¡Oh, Fabio!
Luis Sánchez-Moliní
Maneras de vivir la Navidad
Las más hermosas procesiones van por dentro, recorriendo las calles de la memoria en una única Semana Santa en la que se han ido fundiendo como una sola todas vividas. Los niños hacen bolas de cera, guardándolas de un año a otro para que sigan creciendo. Los adultos, y más cuanto más viejos vamos siendo, hacemos bolas de recuerdos. “Vuelve lo perdido / con las cofradías”, escribió Montesinos. Año tras año esperamos la misma cofradía en el mismo lugar para que caigan gotas –no de cera, de lágrimas– que alimenten esa bola de recuerdos en la que, como en las de cera, se van mezclando todos los colores de la vida: blanca inocencia, roja pasión, severa tiniebla, morado dolor, negro duelo, verde esperanza.

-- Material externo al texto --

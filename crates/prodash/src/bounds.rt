//! A bound of one word for what a program with threads and a renderer asks of its runtime.
use crate::render::line::StandardStreams;
use std::rt::{self, Env, Files};
use std::sync::Wait;
use std::thread::Threads;

/// What the runtime that `main` is given can do: threads, locks, arguments and variables, files,
/// the standard streams, the clock, printing and memory. Every type that can do these is a
/// `Runtime`, and may be copied to a thread.
///
/// It is enough for `Root::new`, `render`, `Options::detect` and `SystemClock::new`.
///
/// ```rust
/// fn work<R: Runtime>(rt: R) -> anyhow::Result<()> {
///     let root = Root::new(rt, rt.alloc())?;
/// ```
pub trait Runtime: Wait
    + Threads
    + Env
    + Files<File: Send, Dir: Send>
    + StandardStreams
    + rt::Clock
    + Print
    + AllocGlobal
    + Copy
    + Send
    + Sync
    + 'static {}

impl<R> Runtime for R
where
    R: Wait
        + Threads
        + Env
        + Files<File: Send, Dir: Send>
        + StandardStreams
        + rt::Clock
        + Print
        + AllocGlobal
        + Copy
        + Send
        + Sync
        + 'static,
{}
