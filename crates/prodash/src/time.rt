//! Moments, clocks, and moments as texts.
mod system;

pub use prodash_base::time::{
    Clock, DATE_TIME_HMS, Moment, format_now_datetime_seconds, format_time_for_messages,
};
pub use system::SystemClock;
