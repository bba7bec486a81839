//! Renderers.
pub mod line;
pub mod plain;
mod threads;
pub mod tui;
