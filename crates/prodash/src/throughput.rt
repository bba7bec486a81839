//! The throughput of the tasks that a renderer draws.
pub use prodash_base::throughput::{FrameThroughput, Throughput};
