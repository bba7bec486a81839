//! Units of values, and the texts of values with their units.
pub mod display;
pub mod human;
pub mod label_texts;

pub use human::Human;
pub use prodash_base::unit::{
    Bytes, DisplayValue, Duration, Kind, Range, Scale, ScaleError, Scaled, Scales, Unit, dynamic,
    dynamic_and_mode, label, label_and_mode, throughput_message,
};
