//! Trees of tasks that threads share, sessions that apply events to a tree, and whole runs.
mod counter_slots;
pub mod item;
mod locked;
pub mod recorded;
pub mod root;
mod shared_task;
mod shared_tree;
mod spare_rows;
mod steps;
mod traits;
pub(crate) mod turns;

pub use item::Item;
pub use prodash_core::tree::{
    Counted, Counters, Event, Handle, Reply, RootOptions, Session, SessionOptions, Task, TreeCore,
    TreeState, run,
};
pub use root::{Root, WeakHandle};
pub use steps::Steps;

Con el paso de los años ese lugar queda tan marcado por tantos encuentros que cada vez que pasamos por él, los instantes allí vividos -¡qué pocos minutos de presencia, qué largo tiempo de recuerdos!- reviven con tanta fuerza que siempre es atardecer de Domingo de Ramos en Conde de Torrejón, mañana de Viernes Santo en calle Feria o Miércoles y Martes Santo cuando subo la calle San José. Altero el orden de los días porque de la Puerta de la Carne, Santa María la Blanca y el primer tramo de San José siempre es Miércoles Santo de altos candelabros y sedas de colores entre naranjos, pero cuando, al llegar al cruce de Madre de Dios, se ven los azulejos del Señor de la Salud y la Virgen de la Candelaria, es Martes Santo. Siempre brillan allí oros y suenan cornetas y tambores, siempre se convierte la puerta de San Nicolás en un cuadro de Carmen Laffón cuando el palio desciende por la rampa interior y se enmarca en la puerta, siempre aletean las tórtolas de la ofrenda al Templo rematando los varales, siempre, sea de día o de noche, llena la barreduela un resplandor único, solo de Ella, azul verdoso y plata.
Tan verdad es esto como que la devoción a las imágenes que no son nuestras por razón de familia o de pertenencia a la hermandad las trenzan el roce de íntimos encuentros cotidianos, los momentos solo nuestros que nunca compartiremos con nadie, los favores recibidos que nunca diremos, las oraciones rezadas ante una puerta cerrada, como la de Pepe el Planeta, la casualidad o providencia que puso a una niña de pocos meses entre los brazos de una Virgen. Así es mi personal devoción a la Virgen de la Candelaria.
Dedicado a mi querido amigo y hermano Pepe Guerrero.